Chào các bạn! Vì nhiều lý do từ nay Truyen2U chính thức đổi tên là Truyen247.Pro. Mong các bạn tiếp tục ủng hộ truy cập tên miền mới này nhé! Mãi yêu... ♥

She Owns the DEVIL Prince | Part 69 - Victoria

XAVIER UPDATEEE!!!

HOPE YOU LIKE IT!

JANGAN LUPA KLIK BINTANGNYA YA!!!

Happy reading~~

Jam berapa kalian baca ini?

Sayang kalian. Tapi kalian sayangnya sama Xavier :')

Aurora sendiri masih sangat shock. Tubuhnya bergetar hebat sementara air matanya mulai merembes turun di pipinya. Sekarang dia tahu apa yang membuat Xavier tidak pulang. Apa yang membuat Xavier tidak memberinya kabar. Itu karena Xavier sengaja mengindarinya. Itu karena Xavier sudah mengetahui kebenaran tentang Victoria.

Beberapa saat selanjutnya Aurora bahkan sudah menangis keras. Dia sama sekali tidak tahu harus bersikap bagaimana? Haruskah dia senang, atau malah sebaliknya?

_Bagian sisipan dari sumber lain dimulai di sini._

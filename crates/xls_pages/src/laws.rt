//! What holds of texts in pages.

ghost use Rattle.xls_pages.specs.Laws.{NoAsciiIsLost};

/// A byte below 80 behind one with which it is no pair stands for itself.
pub fn no_ascii_is_lost()
    ensures { NoAsciiIsLost }
{}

Dia tidak tahu. Aurora tidak tahu.

***

Playlist : Selena Gomez - The Heart Wants What It Wants.

https://youtu.be/ij_0p_6qTss

***

Xander's Penthouse. Queens, NY-USA | 04:30 AM

"Kenapa sudah bangun? Istirahatlah dulu."

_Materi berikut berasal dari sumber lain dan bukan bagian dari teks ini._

//! Pages of pairs: a lead byte and a trail byte are one character.

ghost use Rattle.std.specs.Prelude.{◌≡◌, ◌<◌, true, [], ◌∷◌, length, slice_index_or, IfSome, MatchOption};
ghost use Rattle.xls_pages.specs.Double.{alone, are_one, character_or, double_text, high_trail, is_lead, low_trail, one_character, pair, pairs_of, row_of};

use crate::pairs_932::PAIRS_932;
use crate::pairs_936::PAIRS_936;
use crate::pairs_949::PAIRS_949;
use crate::pairs_950::PAIRS_950;

/// A page of pairs, by its number.
#[derive(Clone, Copy, Debug, PartialEq, Eq)]
pub enum DoublePage {
    /// Japanese.
    P932,
    /// Simplified Chinese.
    P936,
    /// Korean.
    P949,
    /// Traditional Chinese.
    P950,
}

impl DoublePage {
    /// The character of a byte from 80 on that stands alone; 0 where it doesn't.
    pub(crate) fn alone(self, byte: u8) -> u16
        ensures { result ≡ alone self byte }
    {
        match self {
            DoublePage::P932 if byte == 0x80 => 0x80,
            DoublePage::P932 if byte >= 0xA1 && byte <= 0xDF => 0xFF61 + u16::from(byte - 0xA1),
            DoublePage::P936 if byte == 0x80 => 0x20AC,
            DoublePage::P932 | DoublePage::P936 | DoublePage::P949 | DoublePage::P950 => 0,
        }
    }

    /// Whether a byte leads a pair.
    pub(crate) fn is_lead(self, byte: u8) -> bool
        ensures { result ≡ is_lead self byte }
    {
        match self {
            DoublePage::P932 => { (byte >= 0x81 && byte <= 0x9F) || (byte >= 0xE0 && byte <= 0xFC) }
            DoublePage::P936 | DoublePage::P949 | DoublePage::P950 => byte >= 0x81 && byte <= 0xFE,
        }
    }

    /// The trail bytes of the columns of the table, the first and the last.
    fn trails(self) -> (u8, u8)
        ensures low { result.0 ≡ low_trail self }
        ensures high { result.1 ≡ high_trail self }
    {
        match self {
            DoublePage::P932 => (0x40, 0xFC),
            DoublePage::P936 | DoublePage::P950 => (0x40, 0xFE),
            DoublePage::P949 => (0x41, 0xFE),
        }
    }

    /// The row of a lead byte.
    fn row(self, lead: u8) -> usize
        requires { is_lead self lead ≡ true }
        ensures { result ≡ row_of self lead }
    {
        match self {
            DoublePage::P932 if lead >= 0xE0 => usize::from(lead) - 0xC1,
            DoublePage::P932 | DoublePage::P936 | DoublePage::P949 | DoublePage::P950 => {
                usize::from(lead) - 0x81
            }
        }
    }

    /// The unit at an index of the table.
    fn unit(self, at: usize) -> u16
        requires { at < length (pairs_of self) }
        ensures { result ≡ slice_index_or (pairs_of self) at 0 }
    {
        match self {
            DoublePage::P932 => PAIRS_932[at],
            DoublePage::P936 => PAIRS_936[at],
            DoublePage::P949 => PAIRS_949[at],
            DoublePage::P950 => PAIRS_950[at],
        }
    }

    /// The character of a pair; 0 where it has none.
    pub(crate) fn pair(self, lead: u8, trail: u8) -> u16
        ensures { result ≡ pair self lead trail }
    {
        let (low, high) = self.trails();
        if !self.is_lead(lead) || trail < low || trail > high {
            return 0;
        }
        let width = usize::from(high - low) + 1;
        self.unit(self.row(lead) * width + usize::from(trail - low))
    }

    /// The character of a byte that is not taken together with the next.
    fn one(self, byte: u8) -> u16
        ensures { result ≡ one_character self byte }
    {
        if byte < 0x80 {
            return u16::from(byte);
        }
        character_or(self.alone(byte))
    }

    /// Whether a byte and the next are one character.
    fn are_one(self, lead: u8, trail: u8) -> bool
        ensures { result ≡ are_one self lead trail }
    {
        self.is_lead(lead) && (self.pair(lead, trail) != 0 || trail >= 0x80)
    }

    /// The first character of bytes, and what stands behind it.
    pub(crate) fn first(self, bytes: &[u8]) -> Option<(u16, &[u8])>
        ensures text { MatchOption result (bytes.now ≡ []) (λ x. double_text self bytes.now ≡ x.0 ∷ double_text self x.1.now) }
        ensures shorter { IfSome result (λ x. length x.1.now < length bytes.now) }
    {
        let (byte, after) = bytes.split_first()?;
        let Some((next, later)) = after.split_first() else {
            return Some((self.one(*byte), after));
        };
        if self.are_one(*byte, *next) {
            return Some((character_or(self.pair(*byte, *next)), later));
        }
        Some((self.one(*byte), after))
    }
}

/// U+FFFD where there is no character.
fn character_or(unit: u16) -> u16
    ensures { result ≡ character_or unit }
{
    if unit == 0 { 0xFFFD } else { unit }
}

Aurora baru saja keluar dari salah satu kamar yang berada di penthouse Xander ketika suara Xander mengejutkannya. Xander rupanya tidak tidur seperti yang sebelumnya Aurora pikirkan. Lelaki itu ternyata sedang duduk di sofa depan TV sembari memainkan laptopnya, padahal matahari bahkan belum bersinar.

"Aku haus."

"Kalau begitu tunggu sebentar. Ayo lihat apa yang aku punya," ucap Xander sembari segera bangkit dari duduknya. Well, tidak hanya itu, Xander bahkan langsung melangkah ke clean kitchen yang terletak tidak jauh dari tempatnya duduk dan mulai mencari-cari sesuatu di dalam lemari esnya. "Bagaimana jika jus strawberry? Aku dengar itu baik untuk Ibu hamil?"

"Tidak, aku hanya mau mau air putih, William. Sana minggir."

"Tapi-"

"Jangan berlebihan. Apalagi hanya karena kau merasa bersalah. Bukankah juga sudah berkali-kali aku katakan, bukan salahmu aku sakit," ucap Aurora sembari menatap Xander geli.

Xander terkekeh pelan, tapi setelah itu Xander bergerak mengambilkan satu botol air mineral dan memberikannya pada Aurora. Aurora sendiri langsung meminumnya sebelum bergerak duduk di sofa yang sempat Xander duduki, sengaja menunggui Xander yang terlihat kembali melanjutkan pekerjaannya lagi.

Dua hari belakangan ini Aurora memang menginap di penthouse Xander. Ah, tenang saja... bukan karena telpon Andres Lucero, tapi karena Aurora sakit. Ralat. Lebih tepatnya Aurora keracunan makanan mentah. Ya, pada malam dimana Andres menelponnya, Aurora memang merasakan mual yang luar biasa usai tangisannya reda. Tidak hanya itu, Aurora juga mendadak menggigil dan bolak-balik ke kamar mandi. Untunglah saat itu Xander menelponnya untuk mengatakan dompet Aurora tertinggal di mobilnya. Dan setelah mendengar ada yang tidak beres dengan kondisi Aurora, Xander buru-buru menjemput dan membawa Aurora ke rumah sakit.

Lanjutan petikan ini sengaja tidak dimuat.